Start of INPUT DATA

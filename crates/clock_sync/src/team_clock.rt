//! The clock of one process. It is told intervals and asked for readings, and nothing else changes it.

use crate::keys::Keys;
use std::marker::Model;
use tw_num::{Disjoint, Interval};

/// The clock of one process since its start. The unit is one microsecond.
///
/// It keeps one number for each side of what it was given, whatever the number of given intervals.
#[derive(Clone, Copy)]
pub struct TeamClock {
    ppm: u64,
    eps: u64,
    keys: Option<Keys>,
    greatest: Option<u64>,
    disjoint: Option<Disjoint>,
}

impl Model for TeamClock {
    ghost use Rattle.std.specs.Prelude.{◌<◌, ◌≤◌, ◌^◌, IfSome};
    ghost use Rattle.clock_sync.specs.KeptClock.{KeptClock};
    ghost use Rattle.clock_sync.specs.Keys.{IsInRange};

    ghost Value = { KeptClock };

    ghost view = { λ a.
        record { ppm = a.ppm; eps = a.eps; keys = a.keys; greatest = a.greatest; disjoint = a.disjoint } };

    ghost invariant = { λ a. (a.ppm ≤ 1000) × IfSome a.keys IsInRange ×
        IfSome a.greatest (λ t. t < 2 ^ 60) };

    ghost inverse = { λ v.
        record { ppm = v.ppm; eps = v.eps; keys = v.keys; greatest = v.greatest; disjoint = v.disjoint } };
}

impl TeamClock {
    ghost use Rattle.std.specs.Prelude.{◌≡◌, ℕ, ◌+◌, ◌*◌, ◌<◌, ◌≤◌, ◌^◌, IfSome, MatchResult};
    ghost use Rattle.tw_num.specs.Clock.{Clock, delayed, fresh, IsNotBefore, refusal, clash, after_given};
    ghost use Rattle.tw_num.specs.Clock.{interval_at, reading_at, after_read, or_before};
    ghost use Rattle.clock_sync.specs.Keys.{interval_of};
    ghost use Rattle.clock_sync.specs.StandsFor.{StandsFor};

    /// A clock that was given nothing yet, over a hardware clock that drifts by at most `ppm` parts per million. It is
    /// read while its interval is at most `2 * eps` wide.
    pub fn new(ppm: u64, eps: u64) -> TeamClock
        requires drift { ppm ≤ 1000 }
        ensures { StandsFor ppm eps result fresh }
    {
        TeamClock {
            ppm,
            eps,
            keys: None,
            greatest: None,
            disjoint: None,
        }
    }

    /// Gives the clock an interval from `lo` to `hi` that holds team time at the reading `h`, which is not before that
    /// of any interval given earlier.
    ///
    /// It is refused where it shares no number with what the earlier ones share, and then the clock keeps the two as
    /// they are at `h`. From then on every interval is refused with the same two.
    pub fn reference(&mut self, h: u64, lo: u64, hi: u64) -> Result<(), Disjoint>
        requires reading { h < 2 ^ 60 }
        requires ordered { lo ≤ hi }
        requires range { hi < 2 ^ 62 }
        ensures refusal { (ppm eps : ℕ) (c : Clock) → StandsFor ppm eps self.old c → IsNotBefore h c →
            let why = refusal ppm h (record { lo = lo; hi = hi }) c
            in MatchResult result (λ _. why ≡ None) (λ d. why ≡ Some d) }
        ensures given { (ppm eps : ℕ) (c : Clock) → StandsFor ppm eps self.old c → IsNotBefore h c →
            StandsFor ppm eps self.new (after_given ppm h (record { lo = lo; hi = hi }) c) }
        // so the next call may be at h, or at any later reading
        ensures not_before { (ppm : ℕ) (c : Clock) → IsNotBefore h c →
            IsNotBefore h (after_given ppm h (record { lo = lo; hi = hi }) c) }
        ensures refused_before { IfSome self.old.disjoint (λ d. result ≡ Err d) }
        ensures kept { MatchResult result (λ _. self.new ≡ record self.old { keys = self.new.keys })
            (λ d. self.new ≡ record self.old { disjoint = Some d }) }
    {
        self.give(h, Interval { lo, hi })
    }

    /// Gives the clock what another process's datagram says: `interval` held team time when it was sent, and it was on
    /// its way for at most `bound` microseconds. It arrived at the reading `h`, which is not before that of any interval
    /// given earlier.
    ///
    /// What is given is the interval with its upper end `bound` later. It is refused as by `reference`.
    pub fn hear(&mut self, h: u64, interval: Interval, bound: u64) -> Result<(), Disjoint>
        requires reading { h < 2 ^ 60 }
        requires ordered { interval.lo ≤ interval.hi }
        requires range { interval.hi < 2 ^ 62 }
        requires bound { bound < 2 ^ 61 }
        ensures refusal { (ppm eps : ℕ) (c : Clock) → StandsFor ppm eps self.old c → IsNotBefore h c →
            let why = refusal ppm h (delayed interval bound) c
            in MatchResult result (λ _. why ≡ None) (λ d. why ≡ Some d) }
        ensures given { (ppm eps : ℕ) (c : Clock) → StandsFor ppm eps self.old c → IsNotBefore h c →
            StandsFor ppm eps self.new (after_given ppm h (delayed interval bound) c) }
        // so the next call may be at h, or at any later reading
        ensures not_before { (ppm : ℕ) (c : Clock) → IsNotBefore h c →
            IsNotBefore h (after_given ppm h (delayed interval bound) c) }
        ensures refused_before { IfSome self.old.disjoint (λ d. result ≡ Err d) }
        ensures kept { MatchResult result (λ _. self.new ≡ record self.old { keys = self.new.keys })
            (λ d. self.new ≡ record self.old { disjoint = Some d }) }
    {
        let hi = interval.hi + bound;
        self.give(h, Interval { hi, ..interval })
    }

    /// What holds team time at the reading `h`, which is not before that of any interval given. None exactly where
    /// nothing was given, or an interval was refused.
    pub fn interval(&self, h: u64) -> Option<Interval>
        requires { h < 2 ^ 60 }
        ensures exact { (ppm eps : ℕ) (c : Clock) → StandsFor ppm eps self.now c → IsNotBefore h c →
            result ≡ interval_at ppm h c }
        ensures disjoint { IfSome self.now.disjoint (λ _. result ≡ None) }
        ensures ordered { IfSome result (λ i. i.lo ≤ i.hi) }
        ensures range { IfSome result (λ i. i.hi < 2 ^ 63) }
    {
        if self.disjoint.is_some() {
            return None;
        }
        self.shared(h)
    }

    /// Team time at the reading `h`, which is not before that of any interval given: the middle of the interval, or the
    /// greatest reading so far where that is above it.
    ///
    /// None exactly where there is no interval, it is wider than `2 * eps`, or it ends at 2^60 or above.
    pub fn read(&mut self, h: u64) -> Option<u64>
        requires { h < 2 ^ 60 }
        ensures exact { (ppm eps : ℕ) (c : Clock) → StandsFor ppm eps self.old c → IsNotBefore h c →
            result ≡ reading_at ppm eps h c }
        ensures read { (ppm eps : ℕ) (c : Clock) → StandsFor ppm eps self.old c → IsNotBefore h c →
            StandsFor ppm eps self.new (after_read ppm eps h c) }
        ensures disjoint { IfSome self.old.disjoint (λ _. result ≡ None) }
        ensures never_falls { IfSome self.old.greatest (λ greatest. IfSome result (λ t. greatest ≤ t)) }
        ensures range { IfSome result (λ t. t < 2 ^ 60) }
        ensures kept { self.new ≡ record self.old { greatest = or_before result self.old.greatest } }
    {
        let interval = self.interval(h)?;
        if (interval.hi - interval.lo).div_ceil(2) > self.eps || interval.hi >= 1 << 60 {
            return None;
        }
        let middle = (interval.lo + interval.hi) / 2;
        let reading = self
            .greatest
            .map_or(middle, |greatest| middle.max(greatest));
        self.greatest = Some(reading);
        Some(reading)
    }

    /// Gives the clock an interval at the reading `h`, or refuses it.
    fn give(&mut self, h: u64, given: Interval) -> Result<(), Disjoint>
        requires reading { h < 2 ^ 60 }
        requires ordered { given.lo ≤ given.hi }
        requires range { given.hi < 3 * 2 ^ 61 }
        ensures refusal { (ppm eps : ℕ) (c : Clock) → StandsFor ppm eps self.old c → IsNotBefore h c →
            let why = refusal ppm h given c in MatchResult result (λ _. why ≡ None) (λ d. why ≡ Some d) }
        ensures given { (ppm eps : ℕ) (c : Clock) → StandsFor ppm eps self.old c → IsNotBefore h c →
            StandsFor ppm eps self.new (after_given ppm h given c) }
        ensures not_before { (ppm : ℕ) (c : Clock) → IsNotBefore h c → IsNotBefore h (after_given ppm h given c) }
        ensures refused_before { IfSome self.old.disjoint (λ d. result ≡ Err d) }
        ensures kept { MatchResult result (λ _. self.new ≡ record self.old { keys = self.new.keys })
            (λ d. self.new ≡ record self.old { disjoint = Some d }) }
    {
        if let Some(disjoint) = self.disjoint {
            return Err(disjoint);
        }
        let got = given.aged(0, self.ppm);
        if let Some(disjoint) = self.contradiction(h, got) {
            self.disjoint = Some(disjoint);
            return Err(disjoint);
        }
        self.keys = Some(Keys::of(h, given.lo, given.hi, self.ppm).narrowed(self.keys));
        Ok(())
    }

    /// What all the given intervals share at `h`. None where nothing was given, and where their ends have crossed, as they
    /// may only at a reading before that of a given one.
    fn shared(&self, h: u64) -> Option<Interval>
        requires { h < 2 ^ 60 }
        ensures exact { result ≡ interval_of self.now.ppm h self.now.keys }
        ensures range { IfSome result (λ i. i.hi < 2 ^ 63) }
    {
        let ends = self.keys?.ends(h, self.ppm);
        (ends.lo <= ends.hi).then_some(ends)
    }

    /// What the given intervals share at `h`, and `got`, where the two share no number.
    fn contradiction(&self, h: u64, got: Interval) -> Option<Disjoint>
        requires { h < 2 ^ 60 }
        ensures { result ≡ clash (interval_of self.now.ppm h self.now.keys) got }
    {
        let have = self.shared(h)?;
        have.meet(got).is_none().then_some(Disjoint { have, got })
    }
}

End of INPUT DATA

WHAT THE EXERCISE ASKS. Copy verbatim, from the listing above, each line from the one containing "self.greatest = Some(reading);" down to the one containing "given.hi < 3", inclusive.

RESULT OF THIS TASK.
        self.greatest = Some(reading);
        Some(reading)
    }

    /// Gives the clock an interval at the reading `h`, or refuses it.
    fn give(&mut self, h: u64, given: Interval) -> Result<(), Disjoint>
        requires reading { h < 2 ^ 60 }
        requires ordered { given.lo ≤ given.hi }
        requires range { given.hi < 3 * 2 ^ 61 }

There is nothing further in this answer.